To prevent drastic changes, ARMs typically include caps, which limit how much the interest rate and/or payments can increase each year or over the entire loan term. There are various ARM options, including hybrid loans that start with a fixed rate for a set number of years (such as 5/1, 7/1, or 10/1 ARMs) and then adjust to a variable rate after the initial period.

Key Differences:

  • Fixed Rate Mortgages provide consistent monthly payments with no surprises.

  • Adjustable Rate Mortgages offer a lower initial interest rate but have the potential for rate fluctuations over time.

Which is Better: Fixed Rate or Adjustable Rate Mortgage?

The choice between a Fixed Rate Mortgage and an Adjustable Rate Mortgage (ARM) depends on several factors, including current interest rates, your financial outlook, and your tolerance for risk.

Fixed Rate Mortgages offer stability with consistent monthly payments and a set interest rate for the entire loan term. This predictability is ideal if you want peace of mind knowing that your payments won’t change, regardless of market conditions. For most buyers, especially in a low interest rate environment, a fixed rate mortgage is often the best option. With interest rates currently low, locking in a fixed rate could protect you from potential future rate increases.

Adjustable Rate Mortgages (ARMs), on the other hand, start with a lower “teaser” interest rate, which can make them attractive in the short term. However, after the initial period, the rate adjusts based on the market, potentially leading to higher payments. While ARMs can be a good option for those who anticipate rates will remain stable or decrease in the short term, they do come with a certain level of risk. In a high inflation environment, ARMs tend to rise, while in lower inflation periods, they may decrease.

Ultimately, when deciding between the two:

  • If interest rates are low and you prefer stability, a fixed rate mortgage is typically the safer option.

  • If you are comfortable with potential fluctuations and expect interest rates to stay low or even decrease in the future, an ARM may be an option to consider.
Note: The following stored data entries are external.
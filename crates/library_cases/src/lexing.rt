//! Cases `tokens` and `scan`: a line for each token of a description.

use case_files::{Part, push_parts};
use case_texts::refusal;
use cm_base::{NoMemory, Text};
use cm_lexer::{Point, Token, TokenKind, scan, tokens};
use std::alloc::Global;

/// What a token is, in a word.
fn word_of(kind: TokenKind) -> &'static [u8] {
    match kind {
        TokenKind::Word => b"word",
        TokenKind::Quoted => b"quoted",
        TokenKind::Colon => b"colon",
        TokenKind::Open => b"open",
        TokenKind::Close => b"close",
        TokenKind::Directive => b"directive",
        TokenKind::Rest => b"rest",
    }
}

/// Adds the line of a token: what it is, its bytes from and to, and its place.
fn push_token(alloc: Global, out: &mut Vec<u8>, token: &Token) -> Result<(), NoMemory> {
    let parts = [
        Part::Text(word_of(token.kind)),
        Part::Text(b" "),
        Part::Number(u64::from(token.start)),
        Part::Text(b".."),
        Part::Number(u64::from(token.end)),
        Part::Text(b" at "),
        Part::Number(u64::from(token.line)),
        Part::Text(b":"),
        Part::Number(u64::from(token.col)),
        Part::Text(b"\n"),
    ];
    push_parts(alloc, out, &parts)
}

/// The lines of tokens.
fn lines_of(alloc: Global, found: &[Token]) -> Result<Vec<u8>, NoMemory> {
    let mut out = Vec::new(alloc);
    for token in found {
        push_token(alloc, &mut out, token)?;
    }
    Ok(out)
}

/// The tokens of a description, or its refusal.
pub fn tokens_of(alloc: Global, text: &Text) -> Result<Vec<u8>, NoMemory> {
    let file = Text::from_bytes(alloc, b"a.cm")?;
    match tokens(alloc, &file, text) {
        Ok(found) => lines_of(alloc, found.as_slice()),
        Err(fault) => refusal(alloc, &fault),
    }
}

/// Adds the line of the place where a scan ends early.
fn push_wrong(alloc: Global, out: &mut Vec<u8>, wrong: Point) -> Result<(), NoMemory> {
    let parts = [
        Part::Text(b"wrong "),
        Part::Number(u64::from(wrong.at)),
        Part::Text(b" at "),
        Part::Number(u64::from(wrong.line)),
        Part::Text(b":"),
        Part::Number(u64::from(wrong.col)),
        Part::Text(b"\n"),
    ];
    push_parts(alloc, out, &parts)
}

/// The tokens of a text up to where it is refused, and that place.
pub fn scanned(alloc: Global, text: &Text) -> Result<Vec<u8>, NoMemory> {
    let found = scan(alloc, text)?;
    let mut out = lines_of(alloc, found.tokens.as_slice())?;
    if let Some(wrong) = found.wrong {
        push_wrong(alloc, &mut out, wrong)?;
    }
    Ok(out)
}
It’s also worth noting that if interest rates drop significantly after your mortgage is funded, refinancing into a new loan with a better rate might make sense—whether it’s a fixed or adjustable option.

Key Considerations for Choosing:

  • Fixed Rate Mortgage: Ideal if you prefer stable monthly payments and are risk-averse.
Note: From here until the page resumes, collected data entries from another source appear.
//! The kinds of cases of texts: what each calls, and the sections of its own.

use crate::kind::TextKind;
use crate::{base, conditions, fields, hashes, lexing, selecting, toy_sums};
use case_files::{Case, CaseFault, Report};
use case_texts::{Answers, try_texts};
use cm_base::{NoMemory, Text};
use std::alloc::Global;

/// What a library answers to a text alone, as lines.
fn plain_answer(alloc: Global, kind: TextKind, text: &Text) -> Result<Vec<u8>, NoMemory> {
    match kind {
        TextKind::Tokens => lexing::tokens_of(alloc, text),
        TextKind::Scan => lexing::scanned(alloc, text),
        TextKind::Hash => hashes::named(alloc, text),
        TextKind::SameHash => hashes::compared(alloc, text),
        _ => conditions::printed(alloc, text),
    }
}

impl Answers for TextKind {
    fn answer(&self, alloc: Global, case: &Case, text: &Text) -> Result<Vec<u8>, CaseFault> {
        match *self {
            TextKind::Texts => base::ordered(alloc, case, text),
            TextKind::OnFile => base::on_file(alloc, case, text),
            TextKind::Sum => toy_sums::summed(alloc, case, text),
            TextKind::Written => fields::written(alloc, case.line, text),
            TextKind::Value => conditions::valued(alloc, case, text),
            TextKind::Select => selecting::selected(alloc, case, text),
            kind => Ok(plain_answer(alloc, kind, text)?),
        }
    }
}

/// The names of up to two sections that a kind has of its own.
fn own_sections(kind: TextKind) -> (&'static [u8], &'static [u8]) {
    match kind {
        TextKind::Sum => (b"levels", b""),
        TextKind::Value | TextKind::Select => (b"definitions", b"modules"),
        _ => (b"", b""),
    }
}

/// Tries a case of a kind.
pub fn try_kind(
    alloc: Global,
    kind: TextKind,
    case: &Case,
    report: &mut Report,
) -> Result<(), CaseFault> {
    try_texts(alloc, &kind, own_sections(kind), case, report)
}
  • Adjustable Rate Mortgage (ARM): A viable option if you’re okay with potential rate increases and want lower initial payments.
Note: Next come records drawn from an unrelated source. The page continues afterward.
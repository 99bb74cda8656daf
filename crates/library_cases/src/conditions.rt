//! Cases `value` and `condition`: what a condition is worth, and how it is printed.

use case_files::{Case, CaseFault, Section};
use case_texts::{line, push_line, refusal};
use cm_base::{Def, Fault, List, ModName, Namespace, NoMemory, Place, Text};
use cm_conditions::{Cond, print_condition, read_condition, value};
use std::alloc::Global;

/// The name spaces by their words.
const SPACES: [(&[u8], Namespace); 4] = [
    (b"structure", Namespace::Structure),
    (b"signature", Namespace::Signature),
    (b"functor", Namespace::Functor),
    (b"funsig", Namespace::Funsig),
];

/// The name space of a word.
pub fn space_of(word: &[u8]) -> Option<Namespace> {
    for (known, space) in SPACES {
        if known == word {
            return Some(space);
        }
    }
    None
}

/// What stands before the first blank of a line, and what behind it.
pub fn at_blank(line: &[u8]) -> Option<(&[u8], &[u8])> {
    match line.iter().position(|byte| *byte == b' ') {
        Some(at) => Some((&line[..at], &line[at + 1..])),
        None => None,
    }
}

/// The number of 64 bits that a text writes.
fn signed(text: &[u8]) -> Option<i64> {
    let digits = std::str::from_utf8(text).ok()?;
    digits.parse::<i64>().ok()
}

/// The definition of a line: a name and its number.
fn definition(alloc: Global, line: &[u8]) -> Result<Option<Def>, NoMemory> {
    let Some((name, number)) = at_blank(line) else {
        return Ok(None);
    };
    match signed(number) {
        Some(value) => Ok(Some(Def {
            name: Text::from_bytes(alloc, name)?,
            value,
        })),
        None => Ok(None),
    }
}

/// The module of a line: its name space and its name.
pub fn module_of(alloc: Global, line: &[u8]) -> Result<Option<ModName>, NoMemory> {
    let Some((word, name)) = at_blank(line) else {
        return Ok(None);
    };
    match space_of(word) {
        Some(space) => Ok(Some(ModName {
            space,
            name: Text::from_bytes(alloc, name)?,
        })),
        None => Ok(None),
    }
}

/// The definitions of a section.
fn definitions(alloc: Global, section: &Section) -> Result<List<Def>, CaseFault> {
    let mut defs = List::new(alloc);
    for piece in section.pieces.as_slice() {
        match definition(alloc, piece.bytes.as_bytes())? {
            Some(def) => defs.add(def)?,
            None => return Err(section.means_nothing()),
        }
    }
    Ok(defs)
}

/// The modules of a section.
fn modules(alloc: Global, section: &Section) -> Result<List<ModName>, CaseFault> {
    let mut names = List::new(alloc);
    for piece in section.pieces.as_slice() {
        match module_of(alloc, piece.bytes.as_bytes())? {
            Some(name) => names.add(name)?,
            None => return Err(section.means_nothing()),
        }
    }
    Ok(names)
}

/// The definitions of a case.
pub fn definitions_of(alloc: Global, case: &Case) -> Result<List<Def>, CaseFault> {
    definitions(alloc, case.the(b"definitions")?)
}

/// The modules of a case.
pub fn modules_of(alloc: Global, case: &Case) -> Result<List<ModName>, CaseFault> {
    modules(alloc, case.the(b"modules")?)
}

/// The place at which the conditions of these cases stand.
fn place(alloc: Global) -> Result<Place, NoMemory> {
    Ok(Place {
        file: Text::from_bytes(alloc, b"main.cm")?,
        line: 2,
        col: 1,
    })
}

/// A number as a line.
fn number_line(alloc: Global, number: i64) -> Result<Vec<u8>, NoMemory> {
    let digits = format!(in alloc; "{number}")?;
    line(alloc, digits.as_bytes())
}

/// The value of a text under definitions and modules.
fn value_of(
    alloc: Global,
    text: &Text,
    defs: &List<Def>,
    names: &List<ModName>,
) -> Result<i64, Fault> {
    let at = place(alloc)?;
    let cond = read_condition(alloc, &at, text)?;
    value(alloc, &at, &cond, defs, names)
}

/// The value of a condition, or its refusal.
pub fn valued(alloc: Global, case: &Case, text: &Text) -> Result<Vec<u8>, CaseFault> {
    let defs = definitions_of(alloc, case)?;
    let names = modules_of(alloc, case)?;
    match value_of(alloc, text, &defs, &names) {
        Ok(number) => Ok(number_line(alloc, number)?),
        Err(fault) => Ok(refusal(alloc, &fault)?),
    }
}

/// A text as it is printed once it is read.
fn shown(alloc: Global, text: &Text) -> Result<Text, Fault> {
    let at = place(alloc)?;
    let cond: Cond = read_condition(alloc, &at, text)?;
    Ok(print_condition(alloc, &cond)?)
}

/// A condition as it is printed, or its refusal; and once more where that is printed in another way.
pub fn printed(alloc: Global, text: &Text) -> Result<Vec<u8>, NoMemory> {
    match shown(alloc, text) {
        Ok(once) => printed_again(alloc, &once),
        Err(fault) => refusal(alloc, &fault),
    }
}

/// What was printed; and once more where that is printed in another way.
fn printed_again(alloc: Global, once: &Text) -> Result<Vec<u8>, NoMemory> {
    let mut out = line(alloc, once.as_bytes())?;
    match shown(alloc, once) {
        Ok(again) if again == *once => {}
        Ok(again) => push_line(alloc, &mut out, again.as_bytes())?,
        Err(_fault) => push_line(alloc, &mut out, b"refused once it is printed")?,
    }
    Ok(out)
}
What is Private Mortgage Insurance (PMI)?

Private Mortgage Insurance (PMI) is a type of insurance that protects the lender in case the borrower defaults on the loan. Typically required when a borrower’s down payment is less than 20%, PMI ensures that the lender is reimbursed for a portion of the loan in case of default.

PMI Premiums are generally paid on a monthly basis, though they can sometimes be financed as part of your loan. The cost of PMI depends on factors such as the size of your down payment and loan, but it’s often a small percentage of the loan amount.

Once you’ve built up enough equity in your home, you may be able to remove PMI. Typically, this happens once your home equity reaches 22% and you’ve kept up with your mortgage payments. The servicing lender will provide specific guidelines on when and how you can cancel your PMI.

Key Takeaways:

  • PMI protects the lender in case of borrower default.

  • It is typically required if you make a down payment of less than 20%.

  • Monthly premiums can be part of your mortgage payments.

  • PMI can be canceled once you have 22% equity in the home and meet certain conditions.